The nephropathy of non-insulin-dependent diabetes: predictors of outcome relative to diverse patterns of renal injury.

P Ruggenenti1, V Gambara, A Perna, T Bertani, G Remuzzi.   

Abstract

Nephropathy of non-insulin-dependent diabetes mellitus (NIDDM) is the most common cause of end-stage renal failure (ESRF) in Western countries. This study investigates the clinical and histologic putative predictors of disease progression, with the final goal to identify patients at risk who may benefit from early diagnosis and intervention. It examines by repeated measurements of BP, blood glucose, serum creatinine, and urinary protein excretion rate 65 consecutive NIDDM patients with clinical, persistent proteinuria and biopsy-documented typical diabetic glomerulopathy (class I; n = 30), predominant nephroangiosclerosis (class II; n = 23), or nondiabetic type glomerulopathy (class III; n = 12), whose severity of renal tissue involvement was precisely quantified by a global histologic score. Baseline parameters and progression to renal end points, i.e., doubling of baseline serum creatinine, dialysis, or transplantation, were univariately and multivariately correlated by proportional hazards regression models. The median kidney survival time in the overall study population was 3.07 yr. Thirty-seven percent of patients reached an end point during a median (range) follow-up of 1.8 yr (0.4 to 5.7 yr). By univariate and multivariate analysis, kidney survival significantly correlated with baseline urinary protein excretion rate (P = 0.04 and P = 0.04, respectively) and renal tissue injury score (P = 0.0001 and P = 0.02, respectively), but not with the histologic classes. Patients with a urinary protein excretion rate < or = 2 g/24 h, or > 2 g/24 h with a histologic score < 7, never reached an end point. All patients with urinary protein excretion > 2 g/24 h and a histologic score > 13 progressed to ESRF over a median of 1.6 yr. No differences in other baseline parameters or in BP and diabetes control during follow-up accounted for these different outcomes.
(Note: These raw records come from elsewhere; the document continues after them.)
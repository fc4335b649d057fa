//! A run of two lanes on one thread: the kernel's and that of one source.

ghost use Rattle.std.specs.Prelude.{◌≡◌, [], false, true};
ghost use Rattle.qp_model.specs.Sound.{IsSound};
ghost use Rattle.qp_stim.specs.Rules.{StimuliFit};
ghost use Rattle.qp_calls.specs.LaneView.{IsNew};
ghost use Rattle.qp_kernel.specs.Happenings.{has_no_stim};
ghost use Rattle.qp_kernel.specs.Turning.{under_qk};
ghost use Rattle.qp_kernel_turns.specs.Knowing.{KnowsAt, MayLook};
ghost use Rattle.qp_kernel_turns.specs.Objects.{AreMade};
ghost use Rattle.qp_kernel_turns.specs.Starting.{AllStarted, IsFreshLane};
ghost use Rattle.qp_shared.specs.Lane.{lane_view};
ghost use Rattle.qp_shared_tests.specs.Lanes.{IsSame};

use crate::lanes::{pair, seal_pair};
use qp_base::NoGate;
use qp_calls::Ops;
use qp_dispatch::Step;
use qp_kernel::{Alone, Kernel, World};
use qp_kernel_turns::{Bounds, Objects, kernel_turn};
use qp_model::kernels::QK;
use qp_model::{Stimuli, System};
use qp_port_lanes::laws::new_cursors_stand;
use qp_port_lanes::{Cursor, source_turn};
use qp_shared::{Sealed, Shared, SharedLane};
use qp_told::Told;
use std::alloc::Global;
use std::sync::Wait;

/// Starts all objects. Whether each start came to its end.
fn start<O: Ops>(ops: &mut O, sys: &System, objects: &mut Objects) -> bool
    requires sound { IsSound sys.now }
    requires made { AreMade sys.now objects.old }
    requires fresh { IsFreshLane sys.now (O.lane ops.old) }
    ensures all { result ≡ true → AllStarted sys.now objects.old objects.new (O.lane ops.old) (O.lane ops.new) }
    ensures same { IsSame (O.lane ops.old) (O.lane ops.new) }
    ensures plan { (O.lane ops.new).plan ≡ (O.lane ops.old).plan }
{
    matches!(objects.start(ops, sys), Step::Done)
}

/// One turn of the kernel, whose objects have started.
fn turn<R: Wait, W: World>(rt: &R, world: &mut W, sys: &System, objects: &mut Objects)
    requires alone { W.acts ≡ false }
    requires sound { IsSound sys.now }
    requires plan { (W.lane world.old).plan ≡ [] }
    requires knows { KnowsAt (MayLook sys.now (under_qk 100000)) sys.now (under_qk 100000) 0 [] objects.old (W.lane world.old) }
    requires none { has_no_stim (W.lane world.old) }
    ensures { IsSame (W.lane world.old) (W.lane world.new) }
{
    let at = Bounds {
        sys,
        budget: 100_000,
        cooperative: false,
        threaded: true,
    };
    let mut kernel = Kernel::new();
    let mut told = Told::new(&NoGate);
    let _ = kernel_turn(rt, world, &at, objects, &mut kernel, &mut told);
}

/// The same, where the objects have started.
fn go_on<R: Wait, W: World>(
    rt: &R,
    world: &mut W,
    sys: &System,
    objects: &mut Objects,
    started: bool,
)
    requires alone { W.acts ≡ false }
    requires sound { IsSound sys.now }
    requires plan { (W.lane world.old).plan ≡ [] }
    requires knows { started ≡ true → KnowsAt (MayLook sys.now (under_qk 100000)) sys.now (under_qk 100000) 0 [] objects.old (W.lane world.old) }
    requires none { started ≡ true → has_no_stim (W.lane world.old) }
    ensures { IsSame (W.lane world.old) (W.lane world.new) }
{
    if started {
        turn(rt, world, sys, objects);
        return;
    }
}

/// All stimuli of the first source, up to a `settle`.
fn act<O: Ops>(ops: &mut O, sys: &System, stim: &Stimuli)
    requires sound { IsSound sys.now }
    requires fit { StimuliFit sys.now stim.now }
    requires of { (O.lane ops.old).sys ≡ sys.now }
    requires new { IsNew (O.lane ops.old) }
    ensures { IsSame (O.lane ops.old) (O.lane ops.new) }
{
    if stim.sources.is_empty() {
        return;
    }
    let mut cursor = Cursor::new(stim, 1, 1);
    new_cursors_stand();
    let mut told = Told::new(&NoGate);
    let _ = source_turn(ops, sys, &mut cursor, &mut told);
}

/// Starts all objects in the first lane, lets the source act in the second, and then the kernel in the first.
fn play<'a, R: Wait>(
    rt: &R,
    sys: &System,
    stim: &Stimuli,
    objects: Objects,
    first: SharedLane<'a>,
    second: &mut SharedLane<'_>,
) -> SharedLane<'a>
    requires sound { IsSound sys.now }
    requires fit { StimuliFit sys.now stim.now }
    requires made { AreMade sys.now objects }
    requires fresh { IsFreshLane sys.now (lane_view first) }
    requires plan { (lane_view first).plan ≡ [] }
    requires of { (lane_view second.old).sys ≡ sys.now }
    requires new { IsNew (lane_view second.old) }
    ensures first { IsSame (lane_view first.entry) (lane_view result) }
    ensures second { IsSame (lane_view second.old) (lane_view second.new) }
{
    let mut objects = objects;
    let mut world = Alone::new(first);
    let started = start(&mut world, sys, &mut objects);
    act(second, sys, stim);
    go_on(rt, &mut world, sys, &mut objects, started);
    world.done()
}

/// Runs the system on the stimuli of its one source, over two lanes on one thread, and seals the lanes.
pub(crate) fn run<R: Wait>(rt: &R, alloc: Global, sys: &System, stim: &Stimuli) -> Option<Sealed>
    requires sound { IsSound sys.now }
    requires fit { StimuliFit sys.now stim.now }
{
    let Ok(objects) = Objects::new(alloc, sys) else {
        return None;
    };
    let Ok((shared, root)) = Shared::new(alloc, sys) else {
        return None;
    };
    let (first, mut second) = pair(&shared, root)?;
    let first = play(rt, sys, stim, objects, first, &mut second);
    seal_pair(alloc, &shared, first, second, QK)
}
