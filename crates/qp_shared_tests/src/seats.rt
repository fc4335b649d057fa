//! A call of a seat by its name and numbers, where its conditions hold, for object 1.

ghost use Rattle.std.specs.Prelude.{◌≡◌, ◌+◌, ◌<◌, ◌≤◌, IfSome, IsTrue, length, true, ℕ};
ghost use Rattle.qp_model.specs.WordLaw.{is_object, is_signal, is_timer};
ghost use Rattle.qp_side.specs.Seat.{StaysAs, side_recs, rights, serves_object};
ghost use Rattle.qp_model.specs.Parts.{OwnsTimer};

use crate::objects::has_object;
use qp_base::Steps;
use qp_model::{Rec, System};
use qp_side::{Side, SideRoot, SideSeat};
use std::sync::ledger::Ledger;

/// A call that answers a record, for object 1, but for a tick, which is of none.
#[derive(Clone, Copy)]
pub(crate) enum Call {
    Subscribe { sig: u16 },
    Unsubscribe { sig: u16 },
    Subscribers { sig: u16 },
    Arm { t: u8, ticks: u16, interval: u16 },
    Disarm { t: u8 },
    Rearm { t: u8, ticks: u16 },
    Tick { t: u8 },
}

fn has_signal(sys: &System, sig: u16) -> bool
    ensures { result ≡ true → IsTrue (is_signal sys.now sig) }
{
    sig >= 4 && usize::from(sig) < sys.signals.items.len() + 4
}

fn has_timer(sys: &System, t: u8) -> bool
    ensures { result ≡ true → IsTrue (is_timer sys.now t) }
{
    t > 0 && usize::from(t) <= sys.timers.items.len()
}

/// Whether the time event is object 1's.
fn owns(sys: &System, t: u8) -> bool
    ensures { result ≡ true → OwnsTimer sys.now 1 t }
{
    if t == 0 {
        return false;
    }
    match sys.timers.items.get(usize::from(t) - 1) {
        Some(timer) => timer.object == 1,
        None => false,
    }
}

/// A call on a signal.
fn make_on_signal(seat: &mut SideSeat<'_>, sys: &System, call: Call) -> Option<Rec>
    requires its { seat.old.words.now.shared.key ≡ sys.now }
    requires serves { IsTrue (serves_object seat.old.seat.me.0 1) }
    requires room { length (side_recs seat.old.seat.me.0) ≤ 1000000 }
    ensures same { (seat.new.words ≡ seat.old.words) × (seat.new.seat.table_id ≡ seat.old.seat.table_id) }
    ensures stays { StaysAs seat.old.seat.me.0 seat.new.seat.me.0 }
    ensures more { length (side_recs seat.new.seat.me.0) ≤ length (side_recs seat.old.seat.me.0) + 1 }
{
    match call {
        Call::Subscribe { sig } if has_object(sys, 1) && has_signal(sys, sig) => {
            Some(seat.subscribe(1, sig))
        }
        Call::Unsubscribe { sig } if has_object(sys, 1) && has_signal(sys, sig) => {
            Some(seat.unsubscribe(1, sig))
        }
        Call::Subscribers { sig } if has_signal(sys, sig) => Some(seat.subscribers(1, sig)),
        _ => None,
    }
}

/// A call. None where its conditions don't hold.
pub(crate) fn make<L: Ledger>(
    seat: &mut SideSeat<'_>,
    sys: &System,
    call: Call,
    steps: &mut Steps<L>,
) -> Option<Rec>
    requires its { seat.old.words.now.shared.key ≡ sys.now }
    requires serves { IsTrue (serves_object seat.old.seat.me.0 1) }
    requires room { length (side_recs seat.old.seat.me.0) ≤ 1000000 }
    ensures same { (seat.new.words ≡ seat.old.words) × (seat.new.seat.table_id ≡ seat.old.seat.table_id) }
    ensures stays { StaysAs seat.old.seat.me.0 seat.new.seat.me.0 }
    ensures more { length (side_recs seat.new.seat.me.0) ≤ length (side_recs seat.old.seat.me.0) + 1 }
{
    match call {
        Call::Arm { t, ticks, interval } if ticks > 0 && owns(sys, t) => {
            Some(seat.arm(1, t, ticks, interval, steps))
        }
        Call::Disarm { t } if owns(sys, t) => Some(seat.disarm(1, t, steps)),
        Call::Rearm { t, ticks } if ticks > 0 && owns(sys, t) => {
            Some(seat.rearm(1, t, ticks, steps))
        }
        Call::Tick { t } if has_timer(sys, t) => Some(seat.tick_one(0, t, steps)),
        other => make_on_signal(seat, sys, other),
    }
}

/// The root's first seat, which serves object 1.
pub(crate) fn first_seat<'a>(
    side: &'a Side,
    root: &mut SideRoot,
    sys: &System,
) -> Option<SideSeat<'a>>
    requires its { side.now.words.shared.key ≡ sys.now }
    requires root { (root.old.seat.table_id ≡ side.now.words.shared.table_id) × (root.old.given ≡ 0) }
    requires all { (o : ℕ) → serves_object root.old.seat.me.0 o ≡ is_object sys.now o }
    ensures root { root.new.seat.table_id ≡ root.old.seat.table_id }
    ensures given { IfSome result (λ s. root.new.given ≡ 1) }
    ensures its { IfSome result (λ s. (s.words.now.shared.key ≡ sys.now) × (s.seat.table_id ≡ side.now.words.shared.table_id)) }
    ensures serves { IfSome result (λ s. IsTrue (serves_object s.seat.me.0 1)) }
    ensures none { IfSome result (λ s. length (side_recs s.seat.me.0) ≡ 0) }
    ensures one { IfSome result (λ s. rights s.seat.me.0 ≡ 1) }
{
    if !has_object(sys, 1) {
        return None;
    }
    Some(side.seat(root, 1))
}
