//! A lane that posts and takes, on a thread of its own.

ghost use Rattle.std.specs.Prelude.{◌≡◌, ◌<◌};
ghost use Rattle.qp_shared_tests.specs.Lanes.{IsPlayer, IsSame};

use qp_base::{Ev, Steps};
use qp_calls::{Ops, Take, end_step, post_new, post_static};
use qp_model::System;
use qp_port_phases::Worker;
use std::marker::Brand;
use std::sync::Wait;
use std::sync::ledger::{Blank, Ledger};

/// What a player plays with: the system, the event that it posts in blocks, the object whose entries it takes, and the other one.
#[derive(Clone, Copy)]
pub(crate) struct Terms<'a> {
    pub(crate) sys: &'a System,
    pub(crate) ev: &'a Ev,
    pub(crate) me: u8,
    pub(crate) to: u8,
}

/// Takes an entry, where there is room for its records. Whether one was there.
fn take_one<R: Wait, O: Ops>(rt: &R, ops: &mut O, at: &Terms<'_>) -> Option<bool>
    requires { IsPlayer at.now.sys.now at.now.ev.now at.now.me at.now.to (O.lane ops.old) }
    ensures { IsSame (O.lane ops.old) (O.lane ops.new) }
{
    let Ok(()) = ops.room() else {
        return None;
    };
    match ops.take(rt, at.me) {
        Take::Empty { .. } => Some(false),
        Take::Taken(e) => match end_step(ops, e) {
            Ok(_) => Some(true),
            Err(_) => None,
        },
    }
}

/// Posts to both objects, which may be refused, and takes two entries. Whether there was room for it.
fn round<R: Wait, O: Ops, L: Ledger>(
    rt: &R,
    ops: &mut O,
    at: &Terms<'_>,
    steps: &mut Steps<L>,
) -> bool
    requires { IsPlayer at.now.sys.now at.now.ev.now at.now.me at.now.to (O.lane ops.old) }
    ensures { IsSame (O.lane ops.old) (O.lane ops.new) }
{
    if post_new(ops, at.sys, at.to, at.ev, Some(0), Some(0), steps).is_err() {
        return false;
    }
    if post_static(ops, at.me, 4, Some(0), steps).is_err() {
        return false;
    }
    take_one(rt, ops, at).is_some() && take_one(rt, ops, at).is_some()
}

/// Plays so many rounds. Whether there was room for all.
fn play<R: Wait, O: Ops, L: Ledger>(
    rt: &R,
    ops: &mut O,
    at: &Terms<'_>,
    rounds: u32,
    blank: Blank,
) -> bool
    requires name { blank.name ≡ L.name }
    requires parts { blank.parts ≡ L.parts }
    requires some { 0 < blank.parts }
    requires player { IsPlayer at.now.sys.now at.now.ev.now at.now.me at.now.to (O.lane ops.old) }
    ensures { IsSame (O.lane ops.old) (O.lane ops.new) }
{
    let mut steps = Steps::<L>::open(blank);
    for _round in 0..rounds {
        if !round(rt, ops, at, &mut steps) {
            return false;
        }
    }
    true
}

/// Takes what is left. Whether the queue was empty then.
pub(crate) fn drain<R: Wait, O: Ops>(rt: &R, ops: &mut O, at: &Terms<'_>) -> bool
    requires { IsPlayer at.now.sys.now at.now.ev.now at.now.me at.now.to (O.lane ops.old) }
    ensures { IsSame (O.lane ops.old) (O.lane ops.new) }
{
    for _entry in 0..300 {
        match take_one(rt, ops, at) {
            Some(true) => {}
            Some(false) => return true,
            None => return false,
        }
    }
    false
}

/// A lane that plays so many rounds in its turn, and whether it did.
#[derive(Drop)]
pub(crate) struct Player<'a, O: Ops> {
    pub(crate) lane: O,
    pub(crate) at: Terms<'a>,
    pub(crate) rounds: u32,
    pub(crate) whole: bool,
}

impl<O: Ops + Send> Worker for Player<'_, O> {
    ghost ready = { λ p. IsPlayer p.at.sys.now p.at.ev.now p.at.me p.at.to (O.lane p.lane) };

    ghost turned = { λ p q. IsSame (O.lane p.lane) (O.lane q.lane) × (q.at ≡ p.at) };

    fn turn<R: Wait>(&mut self, rt: &R) {
        self.whole = play::<R, O, Brand>(rt, &mut self.lane, &self.at, self.rounds, Blank::new(1));
    }
}
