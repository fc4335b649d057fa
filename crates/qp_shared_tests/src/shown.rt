//! Lanes as texts.

use qp_model::vocabulary::word_text;
use qp_model::{Rec, kinds};
use std::alloc::{AllocError, Global};

/// A number behind a space.
fn put_number(text: &mut String, n: u64) -> Result<(), AllocError> {
    write!(text, " {n}")
}

/// A record as its word, its object and its numbers.
fn put_record(text: &mut String, rec: &Rec) -> Result<(), AllocError> {
    if rec.kind >= 1 && rec.kind <= 46 {
        text.push_str(word_text(rec.kind))?;
    }
    put_number(text, u64::from(rec.of))?;
    for n in &rec.nums {
        put_number(text, *n)?;
    }
    Ok(())
}

/// Whether the record is one of a row of looks.
fn looks(rec: &Rec) -> bool {
    rec.kind == kinds::LOOK || rec.kind == kinds::SEEN
}

/// Records with commas between them, with those of rows of looks or without them.
fn put_records(text: &mut String, records: &[Rec], with_looks: bool) -> Result<(), AllocError> {
    let mut between = "";
    for rec in records {
        if with_looks || !looks(rec) {
            text.push_str(between)?;
            put_record(text, rec)?;
            between = ", ";
        }
    }
    Ok(())
}

/// The same as a text of its own, which is empty for want of memory.
pub(crate) fn shown(alloc: Global, records: &[Rec], with_looks: bool) -> String {
    let mut text = String::new(alloc);
    match put_records(&mut text, records, with_looks) {
        Ok(()) => text,
        Err(_) => String::new(alloc),
    }
}

/// Numbers, and then all records of a lane, as a text, which is empty for want of memory.
pub(crate) fn shown_behind(alloc: Global, numbers: &[u64], records: &[Rec]) -> String {
    let mut text = String::new(alloc);
    match put_behind(&mut text, numbers, records) {
        Ok(()) => text,
        Err(_) => String::new(alloc),
    }
}

fn put_behind(text: &mut String, numbers: &[u64], records: &[Rec]) -> Result<(), AllocError> {
    for n in numbers {
        put_number(text, *n)?;
    }
    text.push_str(": ")?;
    put_records(text, records, true)
}
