//! Calls of a lane that no run of a system makes, and a meeting.

ghost use Rattle.std.specs.Prelude.{◌≡◌, ◌+◌, ◌<◌, ◌≤◌, IsTrue, true};
ghost use Rattle.qp_model.specs.Sound.{IsSound};
ghost use Rattle.qp_model.specs.WordLaw.{is_object};
ghost use Rattle.qp_model.specs.declared.words.Word.TheVariants as word;
ghost use Rattle.qp_calls.specs.Clauses.{FitsPool, event_of};
ghost use Rattle.qp_calls_log.specs.Meeting.{IsTogether};
ghost use Rattle.qp_shared_tests.specs.Lanes.{IsSame};

use crate::events::{event, fits_first};
use crate::lanes::{pair, seal_pair};
use crate::objects::has_object;
use crate::shown::shown_behind;
use crate::systems::{TWO, system};
use qp_base::{Ev, Steps};
use qp_calls::{Counts, Did, Give, Ops, post_static};
use qp_calls_log::Meets;
use qp_model::kernels::PORT;
use qp_model::{Rec, System};
use qp_shared::{Shared, SharedLane};
use std::alloc::Global;
use std::marker::Brand;
use std::sync::ledger::{Blank, Ledger};

/// Posts the first signal to object 1. Whether that was done.
fn post_go<O: Ops, L: Ledger>(ops: &mut O, sys: &System, blank: Blank) -> bool
    requires name { blank.name ≡ L.name }
    requires parts { blank.parts ≡ L.parts }
    requires some { 0 < blank.parts }
    requires of { (O.lane ops.old).sys ≡ sys.now }
    ensures { IsSame (O.lane ops.old) (O.lane ops.new) }
{
    if !has_object(sys, 1) || !sys.is_static(4) {
        return false;
    }
    let mut steps = Steps::<L>::open(blank);
    matches!(post_static(ops, 1, 4, None, &mut steps), Ok(Did::Value(1)))
}

/// What the queue of an object shows to a lane that has met another: all that the other has seen of it.
fn counts_behind<O: Meets>(ops: &mut O, other: &mut O, p: u8) -> Counts
    requires object { IsTrue (is_object (O.lane ops.old).sys p) }
    requires together { IsTogether (O.lane ops.old) (O.lane other.old) }
    ensures lane { IsSame (O.lane ops.old) (O.lane ops.new) }
    ensures other { IsSame (O.lane other.old) (O.lane other.new) }
    ensures shown { (O.lane other.old).mark (word.Queue p) ≤ result.f + result.l + result.m }
{
    ops.meet(other);
    ops.counts(p)
}

/// Takes a block for the event, and leaves it.
fn leave_one<O: Ops, L: Ledger>(ops: &mut O, ev: &Ev, blank: Blank)
    requires name { blank.name ≡ L.name }
    requires parts { blank.parts ≡ L.parts }
    requires some { 0 < blank.parts }
    requires fits { FitsPool (O.lane ops.old).sys 1 (event_of ev.now) }
    ensures { IsSame (O.lane ops.old) (O.lane ops.new) }
{
    let Ok(()) = ops.room() else {
        return;
    };
    let mut steps = Steps::<L>::open(blank);
    if let Give::Given(fresh) = ops.give(1, None, ev, &mut steps) {
        ops.leave_fresh(fresh);
    }
}

/// The second lane posts to object 1 and leaves a block, and the first meets it. Answers what the queue shows to the first, and the records
/// of the second.
fn meet(alloc: Global, sys: &System, ev: &Ev) -> Option<String>
    requires sound { IsSound sys.now }
    requires one { IsTrue (is_object sys.now 1) }
    requires fits { FitsPool sys.now 1 (event_of ev.now) }
{
    let Ok((shared, root)) = Shared::new(alloc, sys) else {
        return None;
    };
    let (mut first, mut second) = pair(&shared, root)?;
    let posted = post_go::<SharedLane<'_>, Brand>(&mut second, sys, Blank::new(1));
    let counts = counts_behind(&mut first, &mut second, 1);
    leave_one::<SharedLane<'_>, Brand>(&mut second, ev, Blank::new(1));
    let text = told(alloc, counts, second.records());
    let sealed = seal_pair(alloc, &shared, first, second, PORT);
    only_if(posted && sealed.is_some(), text)
}

/// The counts of a queue, and records, as a text.
fn told(alloc: Global, counts: Counts, records: &[Rec]) -> String {
    let numbers = [
        u64::from(counts.f),
        u64::from(counts.l),
        u64::from(counts.m),
    ];
    shown_behind(alloc, &numbers, records)
}

fn only_if(condition: bool, text: String) -> Option<String> {
    if condition { Some(text) } else { None }
}

/// What is seen of two lanes of this system that meet, if its objects and its blocks are there.
fn seen_of(alloc: Global, sys: &System) -> Option<String>
    requires { IsSound sys.now }
{
    let ev = event(sys, 5, 7)?;
    if !has_object(sys, 1) || !fits_first(sys, &ev) {
        return None;
    }
    meet(alloc, sys, &ev)
}

fn seen(alloc: Global) -> Option<String> {
    let sys = system(alloc, TWO)?;
    seen_of(alloc, &sys)
}

#[test]
fn a_lane_that_met_another_sees_its_post(rt: HostRuntime) {
    let seen = seen(rt.alloc());
    assert_eq!(rt;
        seen.as_deref(),
        Some(" 1 0 0: post 0 1 1 0 0 0 4 0, new 0 1 0 0 0 5 7")
    );
}
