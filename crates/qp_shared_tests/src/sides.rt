//! Calls on the side table: those of a worked example, and each other one.

ghost use Rattle.std.specs.Prelude.{◌≡◌, ◌+◌, ◌<◌, ◌≤◌, IsTrue, length};
ghost use Rattle.qp_model.specs.Sound.{IsSound};
ghost use Rattle.qp_side.specs.Seat.{StaysAs, side_recs, serves_object};

use crate::seats::{Call, first_seat, make};
use crate::stops::stop_and_end;
use crate::systems::system;
use qp_base::Steps;
use qp_model::{Rec, System, kinds};
use qp_side::{Side, SideSeat};
use std::alloc::Global;
use std::marker::Brand;
use std::sync::ledger::{Blank, Ledger};

/// One object with two time events A and B; signals 4 to 6 are GO, TA and TB.
const ONE: &str =
    "qp = 1\n[[signal]]\nname = \"GO\"\nstatic = true\n[[signal]]\nname = \"TA\"\nstatic = true\n[[signal]]\nname = \"TB\"\nstatic = true\n[[chart]]\nname = \"c\"\ninit = \"s\"\nstate = [{ name = \"s\" }]\ntimer = [{ name = \"A\", signal = \"TA\", rate = 0 }, { name = \"B\", signal = \"TB\", rate = 0 }]\n[[object]]\nname = \"lamp\"\nchart = \"c\"\npriority = 1\nqueue = 3\n";

/// A call, and the record that it answers: its kind, its object and its numbers.
#[derive(Clone, Copy)]
struct Made {
    call: Call,
    kind: u8,
    of: u8,
    nums: &'static [u64],
}

fn is(rec: &Rec, made: &Made) -> bool {
    rec.kind == made.kind && rec.of == made.of && rec.nums.as_slice() == made.nums
}

/// Whether the call answered its record.
fn is_made(answered: Option<Rec>, made: &Made) -> bool {
    match answered {
        Some(rec) => is(&rec, made),
        None => false,
    }
}

/// The calls on time events of a worked example: two are armed at the start, each ticks twice, and then one is disarmed that isn't armed, and one armed
/// that is.
const WORKED: &[Made] = &[
    Made {
        call: Call::Arm {
            t: 1,
            ticks: 2,
            interval: 0,
        },
        kind: kinds::ARM,
        of: 1,
        nums: &[1, 0, 2, 0],
    },
    Made {
        call: Call::Arm {
            t: 2,
            ticks: 2,
            interval: 2,
        },
        kind: kinds::ARM,
        of: 1,
        nums: &[2, 0, 2, 2],
    },
    Made {
        call: Call::Tick { t: 1 },
        kind: kinds::TICK,
        of: 0,
        nums: &[1, 1, 1],
    },
    Made {
        call: Call::Tick { t: 2 },
        kind: kinds::TICK,
        of: 0,
        nums: &[2, 1, 1],
    },
    Made {
        call: Call::Tick { t: 1 },
        kind: kinds::FIRE,
        of: 0,
        nums: &[1, 2, 0],
    },
    Made {
        call: Call::Tick { t: 2 },
        kind: kinds::FIRE,
        of: 0,
        nums: &[2, 2, 2],
    },
    Made {
        call: Call::Disarm { t: 1 },
        kind: kinds::IDLE,
        of: 1,
        nums: &[1, 3],
    },
    Made {
        call: Call::Arm {
            t: 2,
            ticks: 1,
            interval: 0,
        },
        kind: kinds::ASSERT,
        of: 1,
        nums: &[3, 2, 3, 2],
    },
];

/// Every other record, on another seat.
const OTHERS: &[Made] = &[
    Made {
        call: Call::Subscribers { sig: 4 },
        kind: kinds::PUB,
        of: 1,
        nums: &[4, 0, 0],
    },
    Made {
        call: Call::Subscribe { sig: 4 },
        kind: kinds::SUB,
        of: 1,
        nums: &[4, 0],
    },
    Made {
        call: Call::Subscribe { sig: 4 },
        kind: kinds::SAME,
        of: 1,
        nums: &[4, 1],
    },
    Made {
        call: Call::Subscribers { sig: 4 },
        kind: kinds::PUB,
        of: 1,
        nums: &[4, 1, 1],
    },
    Made {
        call: Call::Unsubscribe { sig: 4 },
        kind: kinds::UNSUB,
        of: 1,
        nums: &[4, 1],
    },
    Made {
        call: Call::Unsubscribe { sig: 4 },
        kind: kinds::SAME,
        of: 1,
        nums: &[4, 2],
    },
    Made {
        call: Call::Subscribers { sig: 4 },
        kind: kinds::PUB,
        of: 1,
        nums: &[4, 2, 0],
    },
    Made {
        call: Call::Rearm { t: 1, ticks: 5 },
        kind: kinds::REARM,
        of: 1,
        nums: &[1, 0, 0, 5],
    },
    Made {
        call: Call::Disarm { t: 1 },
        kind: kinds::DISARM,
        of: 1,
        nums: &[1, 1, 5],
    },
    Made {
        call: Call::Tick { t: 1 },
        kind: kinds::IDLE,
        of: 0,
        nums: &[1, 2],
    },
];

/// Makes calls on a seat until one doesn't answer its record. Answers how many did.
fn play<L: Ledger>(seat: &mut SideSeat<'_>, sys: &System, calls: &[Made], blank: Blank) -> usize
    requires name { blank.name ≡ L.name }
    requires parts { blank.parts ≡ L.parts }
    requires some { 0 < blank.parts }
    requires its { seat.old.words.now.shared.key ≡ sys.now }
    requires serves { IsTrue (serves_object seat.old.seat.me.0 1) }
    requires none { length (side_recs seat.old.seat.me.0) ≡ 0 }
    requires few { length calls.now ≤ 1000000 }
    ensures { StaysAs seat.old.seat.me.0 seat.new.seat.me.0 }
{
    let mut steps = Steps::<L>::open(blank);
    let mut good = 0;
    for made in calls {
        let answered = make(seat, sys, made.call, &mut steps);
        if !is_made(answered, made) {
            return good;
        }
        good += 1;
    }
    good
}

/// The calls on one seat answer their records, and so the seat ends.
fn see(alloc: Global, sys: &System, calls: &[Made]) -> Option<usize>
    requires sound { IsSound sys.now }
    requires few { length calls.now ≤ 1000000 }
{
    let Ok((side, root)) = Side::new(alloc, sys) else {
        return None;
    };
    let mut root = root;
    let mut seat = first_seat(&side, &mut root, sys)?;
    let good = play::<Brand>(&mut seat, sys, calls, Blank::new(1));
    Some(good)
}

/// How many calls answer their records, over the system.
fn good(alloc: Global, calls: &[Made]) -> Option<usize>
    requires few { length calls.now ≤ 1000000 }
{
    let sys = system(alloc, ONE)?;
    see(alloc, &sys, calls)
}

/// What the seats find of a code, over the system.
fn found(alloc: Global) -> Option<(Option<u8>, Option<u8>, Option<u8>)> {
    let sys = system(alloc, ONE)?;
    stop_and_end(alloc, &sys)
}

#[test]
fn a_seat_answers_the_records_of_the_worked_example(rt: HostRuntime) {
    assert_eq!(rt; good(rt.alloc(), WORKED), Some(WORKED.len()));
}

#[test]
fn each_other_call_answers_its_record(rt: HostRuntime) {
    assert_eq!(rt; good(rt.alloc(), OTHERS), Some(OTHERS.len()));
}

#[test]
fn the_stop_word_keeps_its_first_code_up_to_the_end_of_all_seats(rt: HostRuntime) {
    assert_eq!(rt; found(rt.alloc()), Some((None, Some(6), Some(6))));
}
In NIDDM as well as in nondiabetic chronic renal disease, quantification of urinary protein excretion rate--independent of the pattern of underlying glomerular involvement--reliably discriminates progressors from nonprogressors and, combined with precise quantification of renal tissue injury, reliably predicts risk of ESRF. This information may be used to set guidelines for early diagnosis and appropriate intervention to reduce the number of diabetic patients who will need renal replacement therapy in years to come.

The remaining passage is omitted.